> PROMPT
Whenever a line below includes "requires", add it to the tally, then give the total and nothing more.

> DATA FOR ANALYSIS
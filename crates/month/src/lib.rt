// A month: a running table of what maps have in one window.
#![tactic(auto)]

ghost use Rattle.std.specs.Prelude.{◌≡◌, min, ◌≤◌, length};
ghost use Rattle.answers.specs.Refusals.{verdict};
ghost use Rattle.answers.specs.After.{after};
ghost use Rattle.month.specs.Month.{clear_of, window_in, spoiled, table_refusals, add_refusals, add_of};
ghost use Rattle.month.specs.Narrow.{narrowed};

use answers::{Cause, Refused};
use window::Window;

// Makes the table of a window with no map.
pub fn clear(m: u32, window: Window, table: &mut [u64]) -> Result<(), Refused>
    ensures { after result table.new ≡ clear_of m window table.old }
{
    if 12 < m {
        return Err(Cause::BadM.at(0));
    }
    if walk::outside(m, window) {
        return Err(Cause::BadWindow.at(0));
    }
    if table.len() < 1030 {
        return Err(Cause::ShortRoom.at(1030));
    }
    // Cell by cell: copied from an array, they would be written twice.
    table[0] = m as u64;
    table[1] = window.r0 as u64;
    table[2] = window.c0 as u64;
    table[3] = window.h as u64;
    table[4] = window.w as u64;
    table[5..1030].fill(0);
    Ok(())
}

// A number in 16 bits; one that is too great becomes their greatest, which lies outside every picture too.
fn narrow(x: u64) -> u16
    ensures { result ≡ min x 65535 }
{
    x.min(65535) as u16
}

// The table's window, exact where it lies inside a picture.
fn window_in(table: &[u64]) -> Window
    requires { 1030 ≤ length table.now }
    ensures { result ≡ narrowed (window_in table.now) }
{
    Window {
        r0: narrow(table[1]),
        c0: narrow(table[2]),
        h: narrow(table[3]),
        w: narrow(table[4]),
    }
}

// Refusal 26.
fn spoiled(m: u32, table: &[u64]) -> bool
    requires { (m ≤ 12) × (1030 ≤ length table.now) }
    ensures { result ≡ spoiled m table.now }
{
    let window = window_in(table);
    if walk::outside(m, window) {
        return true;
    }
    let maps = table[5];
    if 1000 < maps {
        return true;
    }
    let pixels = (window.h as u64) * (window.w as u64);
    rows::any_over(maps * pixels, maps, table)
}

// Refusals 8, 15, 26 and 16.
fn ongoing(m: u32, table: &[u64]) -> Result<(), Refused>
    requires { m ≤ 12 }
    ensures { result ≡ verdict (table_refusals m table.now) }
{
    if table.len() < 1030 {
        return Err(Cause::ShortRoom.at(1030));
    }
    if table[0] != (m as u64) {
        return Err(Cause::OtherM.at(0));
    }
    if spoiled(m, table) {
        return Err(Cause::BadTable.at(0));
    }
    if table[5] == 1000 {
        return Err(Cause::MonthFull.at(0));
    }
    Ok(())
}

// All refusals of adding, with a border of so many cells.
fn addable(m: u32, keys: &[u32], classes: &[u8], cells: usize, table: &[u64]) -> Result<(), Refused>
    ensures { result ≡ verdict (add_refusals m keys.now (length classes.now) cells table.now) }
{
    checks::sound(m, keys, classes, true)?;
    ongoing(m, table)?;
    used::wide_enough(window_in(table).w, cells)
}

// Adds a map to the table. How many it has now.
pub fn add(
    m: u32,
    keys: &[u32],
    classes: &[u8],
    border: &mut [u16],
    table: &mut [u64],
) -> Result<u32, Refused>
    ensures { after result (border.new, table.new) ≡ add_of m keys.now classes.now border.old table.old }
{
    addable(m, keys, classes, border.len(), table)?;
    let mut counts = [0; 256];
    sums::count(m, keys, classes, window_in(table), border, &mut counts);
    let maps = table[5];
    table[5] = maps + 1;
    rows::add_rows(table, &counts, maps == 0);
    Ok((maps + 1) as u32)
}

> ANSWER BOX
3